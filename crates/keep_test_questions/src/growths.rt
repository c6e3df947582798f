//! Questions to syntax and paths that take no memory: what each asks is between two marks, which a heap that counts its
//! growths reads.
use crate::lines;
use crate::paths::push_step;
use crate::row::{Answer, Row, unknown};
use keep_path::Path;
use keep_syntax::{Limits, Syntax, Tokens, ValueSyntax};
use std::alloc::{AllocError, Global};
use std::fmt::Write;

// A request of so many bytes, which no machine has, begins the count; one byte more ends it.
const BEGIN: usize = 0x4000_0000_0000_0000;

const END: usize = 0x4000_0000_0000_0001;

/// Begins the count of growths.
pub fn begin_count(alloc: Global) {
    mark(alloc, BEGIN);
}

/// Ends it.
pub fn end_count(alloc: Global) {
    mark(alloc, END);
}

// Asks for a block that no machine has.
fn mark(alloc: Global, bytes: usize) {
    let _ = Vec::<u8>::with_capacity(alloc, bytes);
}

/// What an answer is written into, so that reporting it takes no memory either.
pub fn room(alloc: Global) -> Answer {
    String::with_capacity(alloc, 4096)
}

/// The first word is a text: of a document for `syntax` and `touched`, of a value for `alone`, of a path for `path`.
/// For `touched` there are the words of the group `lines` too.
pub fn answer(alloc: Global, row: &Row) -> Answer {
    match row.question() {
        "syntax" => of_document(alloc, row.text(0)),
        "touched" => lines::answer(alloc, row),
        "alone" => of_value(alloc, row.text(0)),
        "path" => of_path(alloc, row.text(0)),
        _ => unknown(alloc),
    }
}

fn of_document(alloc: Global, text: &str) -> Answer {
    match Syntax::read(alloc, text, Limits::STANDARD) {
        Ok(syntax) => {
            let mut out = room(alloc)?;
            begin_count(alloc);
            let stated = tell_syntax(&mut out, &syntax, syntax.tokens(text));
            end_count(alloc);
            stated?;
            Ok(out)
        }
        Err(fault) => fault.to_string(alloc),
    }
}

// How many tokens there are, and where each begins; then so of statements, key parts and values.
fn tell_syntax(out: &mut String, syntax: &Syntax, tokens: Tokens<'_>) -> Result<(), AllocError> {
    write!(out, "{}:", syntax.token_count())?;
    for token in tokens {
        write!(out, " {}", token.at)?;
    }
    write!(out, "; {}:", syntax.statement_count())?;
    for number in 0..syntax.statement_count() {
        write!(out, " {}", syntax.statement(number).span.start)?;
    }
    write!(out, "; {}:", syntax.key_count())?;
    for number in 0..syntax.key_count() {
        write!(out, " {}", syntax.key_part(number).span.start)?;
    }
    write!(out, "; {}:", syntax.value_count())?;
    for number in 0..syntax.value_count() {
        write!(out, " {}", syntax.value(number).span.start)?;
    }
    Ok(())
}

fn of_value(alloc: Global, text: &str) -> Answer {
    match ValueSyntax::read(alloc, text, Limits::STANDARD) {
        Ok(syntax) => {
            let mut out = room(alloc)?;
            begin_count(alloc);
            let stated = tell_value(&mut out, &syntax);
            end_count(alloc);
            stated?;
            Ok(out)
        }
        Err(fault) => fault.to_string(alloc),
    }
}

// The depth; then how many key parts there are, and where each begins, and so of values.
fn tell_value(out: &mut String, syntax: &ValueSyntax) -> Result<(), AllocError> {
    write!(out, "{}; {}:", syntax.depth(), syntax.key_count())?;
    for number in 0..syntax.key_count() {
        write!(out, " {}", syntax.key_part(number).span.start)?;
    }
    write!(out, "; {}:", syntax.value_count())?;
    for number in 0..syntax.value_count() {
        write!(out, " {}", syntax.value(number).span.start)?;
    }
    Ok(())
}

fn of_path(alloc: Global, text: &str) -> Answer {
    match Path::read(alloc, text) {
        Ok(path) => {
            let mut out = room(alloc)?;
            begin_count(alloc);
            let first_index = Path::first_index(text);
            let stated = tell_path(&mut out, alloc, &path, first_index);
            end_count(alloc);
            stated?;
            Ok(out)
        }
        Err(fault) => fault.to_string(alloc),
    }
}

// The steps, as in the group `path`, the length of the text, the place of the first index, and how many steps a new
// path has.
fn tell_path(
    out: &mut String,
    alloc: Global,
    path: &Path,
    first_index: Option<usize>,
) -> Result<(), AllocError> {
    for number in 0..path.len() {
        push_step(out, path.step(number))?;
    }
    write!(
        out,
        " {} {first_index:?} {}",
        path.encoded_len(),
        Path::new(alloc).len()
    )
}
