//! A row: cells with tabs between them, in which `\n`, `\r`, `\t`, `\\` and `\xHH` (a byte by two hexadecimal digits)
//! stand for bytes, and `\e` for nothing.
use keep_syntax::Limits;
use std::alloc::{AllocError, Global};

/// An answer; the only error is out of memory.
pub type Answer = Result<String, AllocError>;

/// The cells of a row: its name, the answer that is wanted, a group, a question of that group, and then its words.
#[derive(Drop)]
pub struct Row {
    cells: Vec<Vec<u8>>,
}

impl Row {
    /// The cells of a line.
    pub fn read(alloc: Global, line: &str) -> Result<Row, AllocError> {
        let mut cells = Vec::new(alloc);
        for cell in line.split('\t') {
            push_cell(&mut cells, bytes_of(alloc, cell))?;
        }
        Ok(Row { cells })
    }

    fn cell(&self, number: usize) -> &[u8] {
        match self.cells.get(number) {
            Some(cell) => cell.as_slice(),
            None => &[],
        }
    }

    fn text_in(&self, number: usize) -> &str {
        str::from_utf8(self.cell(number)).unwrap_or_default()
    }

    pub fn name(&self) -> &str {
        self.text_in(0)
    }

    /// The answer that is wanted.
    pub fn wanted(&self) -> &[u8] {
        self.cell(1)
    }

    pub fn group(&self) -> &str {
        self.text_in(2)
    }

    pub fn question(&self) -> &str {
        self.text_in(3)
    }

    /// How many words there are.
    pub fn word_count(&self) -> usize {
        self.cells.len().saturating_sub(4)
    }

    /// The bytes of the word with this number, from 0; none if there is no such word.
    pub fn bytes(&self, word: usize) -> &[u8] {
        self.cell(word.saturating_add(4))
    }

    /// The text of the word with this number, from 0; empty if it is not UTF-8 or there is no such word.
    pub fn text(&self, word: usize) -> &str {
        self.text_in(word.saturating_add(4))
    }

    /// The number that a word tells in decimal; the largest if it tells none.
    pub fn number(&self, word: usize) -> usize {
        self.text(word).parse::<usize>().unwrap_or(usize::MAX)
    }

    /// The limits that a word names: `strict`, `wide`, or `flat` for the strict ones to a depth of 0.
    pub fn limits(&self, word: usize) -> Limits {
        match self.text(word) {
            "wide" => Limits::WIDE,
            "flat" => Limits {
                depth: 0,
                ..Limits::STANDARD
            },
            _ => Limits::STANDARD,
        }
    }
}

/// The answer to a question that there is not.
pub fn unknown(alloc: Global) -> Answer {
    String::from_str(alloc, "no such question")
}

// What was read of an escape so far.
#[derive(Clone, Copy)]
enum Escape {
    None,
    Begun,
    Hex,
    Digit(u8),
}

fn push_cell(
    cells: &mut Vec<Vec<u8>>,
    cell: Result<Vec<u8>, AllocError>,
) -> Result<(), AllocError> {
    Ok(cells.push(cell?)?)
}

// The bytes that a cell stands for.
fn bytes_of(alloc: Global, cell: &str) -> Result<Vec<u8>, AllocError> {
    let mut bytes = Vec::new(alloc);
    let mut escape = Escape::None;
    for &byte in cell.as_bytes() {
        escape = after_byte(&mut bytes, escape, byte)?;
    }
    Ok(bytes)
}

fn after_byte(bytes: &mut Vec<u8>, escape: Escape, byte: u8) -> Result<Escape, AllocError> {
    match (escape, byte) {
        (Escape::None, b'\\') => Ok(Escape::Begun),
        (Escape::Begun, b'x') => Ok(Escape::Hex),
        (Escape::Begun, b'e') => Ok(Escape::None),
        (Escape::Hex, digit) => Ok(Escape::Digit(value_of(digit))),
        (Escape::None, byte) => pushed(bytes, byte),
        (Escape::Begun, byte) => pushed(bytes, escaped(byte)),
        (Escape::Digit(high), digit) => pushed(bytes, high << 4 | value_of(digit)),
    }
}

fn pushed(bytes: &mut Vec<u8>, byte: u8) -> Result<Escape, AllocError> {
    bytes.push(byte)?;
    Ok(Escape::None)
}

// The byte that a letter after a backslash stands for.
fn escaped(byte: u8) -> u8 {
    match byte {
        b'n' => b'\n',
        b'r' => b'\r',
        b't' => b'\t',
        other => other,
    }
}

fn value_of(digit: u8) -> u8 {
    match digit {
        b'0'..=b'9' => digit - b'0',
        b'a'..=b'f' => digit - b'a' + 10,
        b'A'..=b'F' => digit - b'A' + 10,
        _ => 0,
    }
}
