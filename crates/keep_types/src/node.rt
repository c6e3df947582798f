//! The facts about a node.

/// What a node is.
#[derive(Clone, Copy, Debug, PartialEq, Eq)]
pub enum Kind {
    Str,
    Integer,
    Float,
    Boolean,
    OffsetDateTime,
    LocalDateTime,
    LocalDate,
    LocalTime,
    Array,
    Inline,
    Table,
    Tables,
}

/// Where a node comes from: numbers of values and statements.
#[derive(Clone, Copy, Debug, PartialEq, Eq)]
pub enum Origin {
    Root,
    Value(usize),
    Header(usize),
    Element(usize),
    Dotted(usize),
    Through(usize),
    Tables,
}

/// The facts about a node, by the numbers of the syntax and not by places, which move with every edit before them.
/// `key` is the number of the first key part that names it, and `origin` has that of its value, if it has one; `passed`
/// means that it is an element and that some header passes it.
#[derive(Clone, Copy, Debug, PartialEq, Eq)]
pub struct NodeInfo {
    pub kind: Kind,
    pub key: Option<usize>,
    pub marks: usize,
    pub passed: bool,
    pub origin: Origin,
}
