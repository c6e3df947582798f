//! Questions about the lines of a document: which of them a span touches, and the syntax of the text with these
//! replaced.
ghost use Rattle.std.specs.Prelude.{◌≡◌, ◌≤◌, ◌⊎◌, IsTrue, length, slice_index};
ghost use Rattle.keep_syntax.specs.Tree.{Document};
ghost use Rattle.keep_syntax.specs.Grammar.{Reads};
ghost use Rattle.keep_syntax.specs.WholeLines.{empty_line};
ghost use Rattle.keep_syntax.specs.Contract as spec;

use crate::growths::{begin_count, end_count};
use crate::row::{Answer, Row};
use crate::syntax::report_of;
use keep_syntax::{Limits, Span, Syntax};
use std::alloc::{AllocError, Global};

/// The words are a text, the limits, and the start and end of a span. `touched` is answered by the whole lines that the
/// span touches, and its growths are counted. For `reread` two more words are the lines that replace these, and what is
/// asked of the syntax of the text with these lines, as in the group `syntax`; for `reread again` it is read once more
/// where memory was refused.
pub fn answer(alloc: Global, row: &Row) -> Answer {
    let text = row.text(0);
    let limits = row.limits(1);
    match Syntax::read(alloc, text, limits) {
        Ok(syntax) => of_span(alloc, row, text, limits, &syntax),
        Err(fault) => fault.to_string(alloc),
    }
}

fn of_span(alloc: Global, row: &Row, text: &str, limits: Limits, syntax: &Syntax) -> Answer
    requires { spec.IsReadOf limits.profile limits.depth text.now syntax.now }
{
    let span = Span {
        start: row.number(2),
        end: row.number(3),
    };
    if !is_in(text, span) {
        return String::from_str(alloc, "no such span");
    }
    match row.question() {
        "touched" => {
            begin_count(alloc);
            let whole = syntax.lines(span);
            end_count(alloc);
            touched(alloc, whole)
        }
        _ => replaced(alloc, row, text, limits, syntax, span),
    }
}

// The syntax of the text with the lines of a span replaced, and what is known of it.
fn replaced(
    alloc: Global,
    row: &Row,
    text: &str,
    limits: Limits,
    syntax: &Syntax,
    span: Span,
) -> Answer
    requires read { spec.IsReadOf limits.profile limits.depth text.now syntax.now }
    requires in_text { spec.IsSpanIn syntax.now span }
{
    let lines = row.text(4);
    let new = match Syntax::read(alloc, lines, limits) {
        Ok(new) => new,
        Err(fault) => return fault.to_string(alloc),
    };
    let whole = syntax.lines(span);
    if has_mark(lines) {
        return String::from_str(alloc, "a byte order mark begins no lines");
    }
    if whole.end != text.len() && !are_closed(lines, limits, &new) {
        return String::from_str(alloc, "no newline ends these lines");
    }
    reread(alloc, row, limits, syntax, whole, lines)
}

fn reread(
    alloc: Global,
    row: &Row,
    limits: Limits,
    syntax: &Syntax,
    whole: Span,
    lines: &str,
) -> Answer
    requires { spec.MayReread limits.profile limits.depth syntax.now whole lines.now }
{
    let found = syntax.reread(alloc, whole, lines, limits);
    if found.is_err() && row.question() == "reread again" {
        let found = syntax.reread(alloc, whole, lines, limits);
        let stated = report_of_reread(alloc, row, found)?;
        return format!(in alloc; "refused and made again: {stated}");
    }
    report_of_reread(alloc, row, found)
}

fn report_of_reread(alloc: Global, row: &Row, found: Result<Syntax, AllocError>) -> Answer {
    let syntax = found?;
    report_of(alloc, row.text(5), &syntax)
}

// Whether a span is in a text, and not in its byte order mark.
fn is_in(text: &str, span: Span) -> bool
    ensures after { IsTrue result → (3 ≤ span.start) ⊎ (slice_index text.now 0 ≡ 0xEF → ⊥) }
    ensures order { IsTrue result → span.start ≤ span.end }
    ensures within { IsTrue result → span.end ≤ length text.now }
{
    let is_after_mark = 3 <= span.start || !has_mark(text);
    is_after_mark && span.start <= span.end && span.end <= text.len()
}

// Whether a text may begin with a byte order mark.
fn has_mark(text: &str) -> bool
    ensures { slice_index text.now 0 ≡ 0xEF → IsTrue result }
{
    let bytes = text.as_bytes();
    !bytes.is_empty() && bytes[0] == 0xEF
}

// Whether lines that were read end in a newline, or have no bytes: so other lines can come after them.
fn are_closed(lines: &str, limits: Limits, new: &Syntax) -> bool
    requires read { spec.IsReadOf limits.profile limits.depth lines.now new.now }
    requires plain { slice_index lines.now 0 ≡ 0xEF → ⊥ }
    ensures { IsTrue result → (m : Document) → Reads limits.profile limits.depth lines.now m
        → spec.IsSyntaxOf new.now m → m.last ≡ empty_line }
{
    let end = lines.len();
    new.lines(Span { start: end, end }).start == end
}

fn touched(alloc: Global, whole: Span) -> Answer {
    format!(in alloc; "{}..{}", whole.start, whole.end)
}
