//! Questions about paths.
use crate::row::{Answer, Row, unknown};
use keep_path::{Path, PathFault, Step};
use std::alloc::{AllocError, Global};
use std::fmt::Write;

/// The word is the text of a path; for `is key` then the number of a step and a key; for `built` the words are steps,
/// those of digits alone being indexes.
pub fn answer(alloc: Global, row: &Row) -> Answer {
    match row.question() {
        "built" => built(alloc, path_of(alloc, row, 0, row.word_count())),
        "built again" => built_again(alloc, row),
        "faults" => faults(alloc),
        "first index" => first_index(alloc, row.text(0)),
        _ => asked(alloc, row, Path::read(alloc, row.text(0))),
    }
}

fn asked(alloc: Global, row: &Row, path: Result<Path, PathFault>) -> Answer {
    match path {
        Ok(path) => stated(alloc, row, &path),
        Err(fault) => fault.to_string(alloc),
    }
}

fn stated(alloc: Global, row: &Row, path: &Path) -> Answer {
    match row.question() {
        "read" => report_of(alloc, path),
        "is key" => is_key(alloc, path, row.number(1), row.text(2)),
        _ => unknown(alloc),
    }
}

// The steps of a path, each key in angle brackets, each index in parentheses, then its text and the length of that.
fn report_of(alloc: Global, path: &Path) -> Answer {
    let mut out = String::new(alloc);
    for number in 0..path.len() {
        push_step(&mut out, path.step(number))?;
    }
    let text = path.encode(alloc)?;
    write!(out, " {text} {}", path.encoded_len())?;
    Ok(out)
}

/// Writes a step: a key in angle brackets, an index in parentheses.
pub(crate) fn push_step(out: &mut String, step: Option<&Step>) -> Result<(), AllocError> {
    match step {
        Some(Step::Key(key)) => write!(out, "<{key}>"),
        Some(Step::Index(index)) => write!(out, "({index})"),
        None => out.push_str("none"),
    }
}

// Whether the step of a number is this key.
fn is_key(alloc: Global, path: &Path, number: usize, key: &str) -> Answer {
    let found = path.step(number).map(|step| step.is_key(key));
    format!(in alloc; "{found:?}")
}

fn first_index(alloc: Global, text: &str) -> Answer {
    match Path::read(alloc, text) {
        Ok(_) => format!(in alloc; "{:?}", Path::first_index(text)),
        Err(fault) => fault.to_string(alloc),
    }
}

fn built(alloc: Global, path: Result<Path, AllocError>) -> Answer {
    let path = path?;
    report_of(alloc, &path)
}

// Builds the path of a row, and each push for which memory was refused is made again. What it answered comes first.
fn built_again(alloc: Global, row: &Row) -> Answer {
    let mut out = String::new(alloc);
    let mut path = Path::new(alloc);
    for word in 0..row.word_count() {
        out.push_str(pushed(alloc, &mut path, row.text(word))?)?;
    }
    out.push_str(report_of(alloc, &path)?.as_str())?;
    Ok(out)
}

fn pushed(alloc: Global, path: &mut Path, word: &str) -> Result<&'static str, AllocError> {
    let before = report_of(alloc, path)?;
    if push_word(path, word).is_ok() {
        return Ok("");
    }
    let after = report_of(alloc, path)?;
    push_word(path, word)?;
    Ok(if after.as_str() == before.as_str() {
        "refused and made again: "
    } else {
        "changed by a refused push: "
    })
}

/// The path whose steps are these words of a row.
pub fn path_of(alloc: Global, row: &Row, first: usize, end: usize) -> Result<Path, AllocError> {
    let mut path = Path::new(alloc);
    for word in first..end {
        push_word(&mut path, row.text(word))?;
    }
    Ok(path)
}

fn push_word(path: &mut Path, word: &str) -> Result<(), AllocError> {
    match word.parse::<usize>() {
        Ok(index) if path.len() > 0 => path.push_index(index),
        _ => path.push_key(word),
    }
}

// How the faults of paths print.
fn faults(alloc: Global) -> Answer {
    format!(in alloc; "{}, {}", PathFault::BadPath { at: 3 }, PathFault::Memory)
}
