//! What is known of a text: spans, statements, key parts, values, and where entries begin.
use crate::leaf::Leaf;

/// The bytes `start..end` of the text.
#[derive(Clone, Copy, Debug, PartialEq, Eq)]
pub struct Span {
    pub start: usize,
    pub end: usize,
}

#[derive(Clone, Copy, Debug, PartialEq, Eq)]
pub enum StatementKind {
    /// `keyval`.
    KeyVal,
    /// `std-table`: the header of a table.
    Header,
    /// `array-table`: the header of an element of an array of tables.
    Element,
}

/// A keyval or a header.
#[derive(Clone, Copy, Debug, PartialEq, Eq)]
pub struct Statement {
    pub kind: StatementKind,
    /// The keyval or the header.
    pub span: Span,
    /// From the start of its line, after a byte order mark, past its newline if it has one, over all lines of its
    /// value.
    pub line: Span,
    /// How many key parts come before `span`.
    pub first_key: usize,
    /// How many key parts it has, those inside its value left out.
    pub keys: usize,
    /// The number of a keyval's value.
    pub value: Option<usize>,
}

/// `simple-key`: a part of a key.
#[derive(Clone, Copy, Debug, PartialEq, Eq)]
pub struct KeyPart {
    pub leaf: Leaf,
    pub span: Span,
}

/// What a value is in.
#[derive(Clone, Copy, Debug, PartialEq, Eq)]
pub enum Owner {
    /// The statement with this number.
    Line(usize),
    /// The inline table of this value number.
    Inline(usize),
    /// The array of this value number.
    Item(usize),
}

/// A scalar, an array or an inline table.
#[derive(Clone, Copy, Debug, PartialEq, Eq)]
pub struct ValueInfo {
    /// An array's is `ArrayOpen`, an inline table's `InlineOpen`.
    pub leaf: Leaf,
    pub span: Span,
    /// The keyval, or for an array's item the value.
    pub whole: Span,
    pub owner: Owner,
    /// How many arrays and inline tables are round it.
    pub depth: u16,
    /// How many key parts come before `whole`.
    pub first_key: usize,
    /// How many key parts its own key has.
    pub keys: usize,
    /// Where the comma before it is, in its array or inline table.
    pub comma_before: Option<usize>,
    /// Where the comma after it is.
    pub comma_after: Option<usize>,
}

/// Where entries begin: the byte, how many values and key parts come before, what they are in, how many arrays
/// and inline tables are round them, and where the comma before them is.
#[derive(Clone, Copy, Debug, PartialEq, Eq)]
pub struct Start {
    pub at: usize,
    pub values: usize,
    pub parts: usize,
    pub owner: Owner,
    pub depth: u16,
    pub comma: Option<usize>,
}
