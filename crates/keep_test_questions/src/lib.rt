//! What rows ask of leaves, syntax, lines and paths, and how a row is read. The program keep_test_rows answers them,
//! and those about the layers above.
#![tactic(auto)]

pub mod growths;
pub mod leaves;
pub mod lines;
pub mod paths;
mod row;
pub mod syntax;

pub use row::{Answer, Row, unknown};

════

* [Aim of the exercise]:
Please give the number of lines in the data above where the word "passed" appears, and nothing besides.

* [Task answer]:
2